▸ **Task item**: Each entry must be printed again without a single change.

▸ **Materials provided**:
//! Events.

ghost use Rattle.std.specs.Prelude.{◌≡◌, [], IfOk};
ghost use Rattle.json_read.specs.Views.{data_of};
ghost use Rattle.import_forms.specs.Events.{event_of};

use crate::both::both;
use crate::pair::{Pair, values_of};
use crate::text::four_texts_in;
use dh_base::items::Items;
use json::Value;
use json_read::fault::FormFault;
use json_read::form::{ReadJson, require_object};
use std::alloc::{AllocError, Global};

/// An event, as it stands in the body.
#[derive(Drop)]
pub struct BundleEvent {
    pub id: Option<Items<u8>>,
    /// The enrollment, that around it where it names none.
    pub enrollment: Option<Items<u8>>,
    pub program: Option<Items<u8>>,
    /// The program stage.
    pub stage: Option<Items<u8>>,
    /// The organisation unit.
    pub unit: Option<Items<u8>>,
    pub occurred: Option<Items<u8>>,
    pub scheduled: Option<Items<u8>>,
    pub status: Option<Items<u8>>,
    pub values: Items<Pair>,
}

// The event without its values.
#[tactic(auto, unfolding(crate::specs::Events::event_of))]
fn event_of(alloc: Global, value: &Value<'_>) -> Result<BundleEvent, AllocError>
    ensures { IfOk result (λ event. event ≡ event_of [] (data_of value.now)) }
{
    let (ids, facts) = both(
        four_texts_in(
            alloc,
            value,
            "event",
            "enrollment",
            "program",
            "programStage",
        ),
        four_texts_in(
            alloc,
            value,
            "orgUnit",
            "occurredAt",
            "scheduledAt",
            "status",
        ),
    )?;
    let ((id, enrollment), (program, stage)) = ids;
    let ((unit, occurred), (scheduled, status)) = facts;
    Ok(BundleEvent {
        id,
        enrollment,
        program,
        stage,
        unit,
        occurred,
        scheduled,
        status,
        values: Items::new(alloc),
    })
}

impl ReadJson for BundleEvent {
    ghost use Rattle.import_forms.specs.Events.{event_form};

    ghost form = { event_form };

    #[tactic(auto, unfolding(crate::specs::Events::event_form, crate::specs::Events::event_of))]
    fn read(alloc: Global, value: &Value<'_>) -> Result<BundleEvent, FormFault> {
        require_object(alloc, value)?;
        let values = values_of(alloc, value)?;
        let mut event = event_of(alloc, value)?;
        event.values = values;
        Ok(event)
    }
}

▸ **Answer space**:
//! Events.

ghost use Rattle.std.specs.Prelude.{◌≡◌, [], IfOk};
ghost use Rattle.json_read.specs.Views.{data_of};
ghost use Rattle.import_forms.specs.Events.{event_of};

use crate::both::both;
use crate::pair::{Pair, values_of};
use crate::text::four_texts_in;
use dh_base::items::Items;
use json::Value;
use json_read::fault::FormFault;
use json_read::form::{ReadJson, require_object};
use std::alloc::{AllocError, Global};

/// An event, as it stands in the body.
#[derive(Drop)]
pub struct BundleEvent {
    pub id: Option<Items<u8>>,
    /// The enrollment, that around it where it names none.
    pub enrollment: Option<Items<u8>>,
    pub program: Option<Items<u8>>,
    /// The program stage.
    pub stage: Option<Items<u8>>,
    /// The organisation unit.
    pub unit: Option<Items<u8>>,
    pub occurred: Option<Items<u8>>,
    pub scheduled: Option<Items<u8>>,
    pub status: Option<Items<u8>>,
    pub values: Items<Pair>,
}

// The event without its values.
#[tactic(auto, unfolding(crate::specs::Events::event_of))]
fn event_of(alloc: Global, value: &Value<'_>) -> Result<BundleEvent, AllocError>
    ensures { IfOk result (λ event. event ≡ event_of [] (data_of value.now)) }
{
    let (ids, facts) = both(
        four_texts_in(
            alloc,
            value,
            "event",
            "enrollment",
            "program",
            "programStage",
        ),
        four_texts_in(
            alloc,
            value,
            "orgUnit",
            "occurredAt",
            "scheduledAt",
            "status",
        ),
    )?;
    let ((id, enrollment), (program, stage)) = ids;
    let ((unit, occurred), (scheduled, status)) = facts;
    Ok(BundleEvent {
        id,
        enrollment,
        program,
        stage,
        unit,
        occurred,
        scheduled,
        status,
        values: Items::new(alloc),
    })
}

impl ReadJson for BundleEvent {
    ghost use Rattle.import_forms.specs.Events.{event_form};

    ghost form = { event_form };

    #[tactic(auto, unfolding(crate::specs::Events::event_form, crate::specs::Events::event_of))]
    fn read(alloc: Global, value: &Value<'_>) -> Result<BundleEvent, FormFault> {
        require_object(alloc, value)?;
        let values = values_of(alloc, value)?;
        let mut event = event_of(alloc, value)?;
        event.values = values;
        Ok(event)
    }
}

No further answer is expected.